I could see them Faran. I could read some of them or if you want to read them, go ahead.
Yes, sure. I'll read it. A question from Troy M. Analyst see a 240% upside from current price levels. What do you think investors are underestimating about Worksport's business model, scalability and/or clean energy positioning that could drive value further from where it is today?
So I think that predominantly Worksport displays itself like when you go -- when a new investor picks up on Worksport, they go to Worksport.com and they see tonneau covers. So I think that really deep diving into where we're going to be and where we started is where the -- maybe the loss in translation comes. I think that an investor that's looking at crypto opportunities or AI opportunities is looking for something exciting.

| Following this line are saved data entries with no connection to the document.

// Entries with marks: what is looked up among them, and which of them go.
#![tactic(auto)]

pub mod item;
mod marking;
mod slices;

pub use item::Item;
pub use slices::{drop_same, find, last_content, remove_same, stays};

I think energy is probably going to be -- well, if you look at crypto, the crypto is all about hashing and hashing is all powered through computers and computers are all powered with energy. So if you look at the base commonality, I think energy is going to be our future, and that's what we're betting big on with Worksport, but it's not clearly apparent when you visit Worksport.com without diving into our Investors section.
So we're going to continue to improve our messaging, continue to court new investors. We're going to shift our Investor Relations focus to journalistic coverage and outreach so that we can have various high-visibility publications kind of summarize who we are a little bit easier for investors to understand.

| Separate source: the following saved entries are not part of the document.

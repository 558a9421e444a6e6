// The line FREEBUSY of an office calendar, unfolded: whether it is one, whether it keeps to the grammar, whether it says FREE, and its value.
#![tactic(auto)]

mod quotes;

ghost use Rattle.std.specs.Prelude.{◌≡◌, MatchOption};
ghost use Rattle.loops.specs.Lists.{any_of};
ghost use Rattle.freebusy_lines.specs.Bytes.{SEMICOLON, EQUALS, is_name_byte, iana_token, leading, after};
ghost use Rattle.freebusy_property.specs.Quotes.{unquoted_parts};
ghost use Rattle.freebusy_property.specs.Property.{param_name, param_values, param, is_fbtype, one_fbparam, fbparam, named, fbvalue, freebusy, is_freebusy, says_free, is_free, value_of};

use quotes::{UnquotedParts, split_unquoted};
use text_fields::Parts;

fn is_token(s: &[u8]) -> bool
    ensures { result ≡ iana_token s.now }
{
    !s.is_empty() && s.iter().all(|x| freebusy_lines::is_name_byte(*x))
}

// Values parted by commas.
fn are_values(v: &[u8]) -> bool
    ensures { result ≡ param_values v.now }
{
    UnquotedParts::new(v, b',').all(freebusy_characters::is_param_value)
}

// The name of a parameter, and what follows its equals sign.
fn split_name(p: &[u8]) -> (&[u8], Option<&[u8]>)
    ensures name { result.0.now ≡ param_name p.now }
    ensures value { MatchOption result.1 (after EQUALS p.now ≡ None) (λ v. after EQUALS p.now ≡ Some v.now) }
{
    text_fields::split_at_first(p, b'=')
}

#[tactic(auto, unfolding(crate::specs::Property::param))]
fn is_param(p: &[u8]) -> bool
    ensures { result ≡ param p.now }
{
    let (name, value) = split_name(p);
    is_token(name) && value.is_some_and(are_values)
}

#[tactic(auto, unfolding(crate::specs::Property::is_fbtype))]
fn is_fbtype(p: &[u8]) -> bool
    ensures { result ≡ is_fbtype p.now }
{
    freebusy_lines::is_word(b"FBTYPE", text_fields::first_part(p, b'='))
}

// FBTYPE with one bare token, or another parameter.
#[tactic(auto, unfolding(crate::specs::Property::one_fbparam, crate::specs::Property::fbtypeparam, crate::specs::Property::other_param))]
fn is_fbparam(p: &[u8]) -> bool
    ensures { result ≡ one_fbparam p.now }
{
    if !is_fbtype(p) {
        return is_param(p);
    }
    split_name(p).1.is_some_and(is_token)
}

// Parameters parted by semicolons, FBTYPE once at most.
#[tactic(auto, using(crate::proofs::PartLaws::types))]
fn are_fbparams(s: &[u8]) -> bool
    ensures { result ≡ fbparam (unquoted_parts SEMICOLON s.now) }
{
    let mut typed = false;
    for p in UnquotedParts::new(s, b';') {
        if !is_fbparam(p) {
            return false;
        }
        if is_fbtype(p) {
            if typed {
                return false;
            }
            typed = true;
        }
    }
    true
}

// The name FREEBUSY and its parameters.
#[tactic(auto, unfolding(crate::specs::Property::named, crate::specs::Property::params_in, crate::specs::Property::fbparam, loops::specs::Lists::all_of, loops::specs::Lists::count_of))]
fn is_named(head: &[u8]) -> bool
    ensures { result ≡ named head.now }
{
    let (name, params) = split_unquoted(head, b';');
    freebusy_lines::is_word(b"FREEBUSY", name) && params.is_none_or(are_fbparams)
}

// Periods parted by commas.
fn are_periods(v: &[u8]) -> bool
    ensures { result ≡ fbvalue v.now }
{
    Parts::new(v, b',').all(freebusy_periods::is_period)
}

// The line keeps to the grammar.
#[tactic(auto, unfolding(crate::specs::Property::freebusy))]
pub fn is_property(l: &[u8]) -> bool
    ensures { result ≡ freebusy l.now }
{
    let (head, value) = split_unquoted(l, b':');
    is_named(head) && value.is_some_and(are_periods)
}

// The leading letters, digits and hyphens.
fn leading_name(l: &[u8]) -> &[u8]
    ensures { result.now ≡ leading is_name_byte l.now }
{
    let end = l
        .iter()
        .position(|x| !freebusy_lines::is_name_byte(*x))
        .unwrap_or(l.len());
    &l[..end]
}

// The line has the name FREEBUSY.
#[tactic(auto, unfolding(crate::specs::Property::is_freebusy))]
pub fn is_freebusy(l: &[u8]) -> bool
    ensures { result ≡ is_freebusy l.now }
{
    freebusy_lines::is_word(b"FREEBUSY", leading_name(l))
}

// FBTYPE=FREE.
#[tactic(auto, unfolding(crate::specs::Property::says_free))]
fn says_free(p: &[u8]) -> bool
    ensures { result ≡ says_free p.now }
{
    is_fbtype(p)
        && split_name(p)
            .1
            .is_some_and(|v| freebusy_lines::is_word(b"FREE", v))
}

// One of the parameters is FBTYPE=FREE.
fn any_free(s: &[u8]) -> bool
    ensures { result ≡ any_of says_free (unquoted_parts SEMICOLON s.now) }
{
    UnquotedParts::new(s, b';').any(says_free)
}

// The line says that its periods are free.
#[tactic(auto, unfolding(crate::specs::Property::is_free, crate::specs::Property::params_in, loops::specs::Lists::any_of))]
pub fn is_free(l: &[u8]) -> bool
    ensures { result ≡ is_free l.now }
{
    let (head, _) = split_unquoted(l, b':');
    split_unquoted(head, b';').1.is_some_and(any_free)
}

// What follows the first colon outside quotes: the periods, parted by commas.
#[tactic(auto, unfolding(crate::specs::Property::value_of))]
pub fn value_of(l: &[u8]) -> &[u8]
    ensures { result.now ≡ value_of l.now }
{
    split_unquoted(l, b':').1.unwrap_or(&[])
}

Today, we had a USA TODAY article, I believe, that came out that summarized the company very well. So I think that we're just augmenting how we present the company and driving that value proposition is that I think energy is going to be the biggest thing in the future of -- biggest economy in the future, and I think that will be a big part of it.
Thanks, Steve, for that answer. We have another question regarding the rollout of higher-margin products like the AL4, SOLIS and COR. Could you walk us through how these innovations contribute to unit economics and margin expansion? Should we model the ramp-up later this year?
Yes. So AL4 was just launched earlier this year, and it's just getting into market now, and it's already exceeding our revenues. So it started as like 0, the AL4, and it's by far our highest margin product. So we started with nothing in terms of sales, and now it's actually outpacing all other sales we have, dollar for dollar on a day-to-day basis. So we're going to continue to focus on, obviously, the highest margin sales for us that will serve the company best.
And then of course SOLIS and COR will start as a direct-to-consumer product, which will be fairly strong or enviable margins. So I think that we're going to continue to -- I think that it's difficult to explain it, but we're going to continue to focus on selling higher order value items.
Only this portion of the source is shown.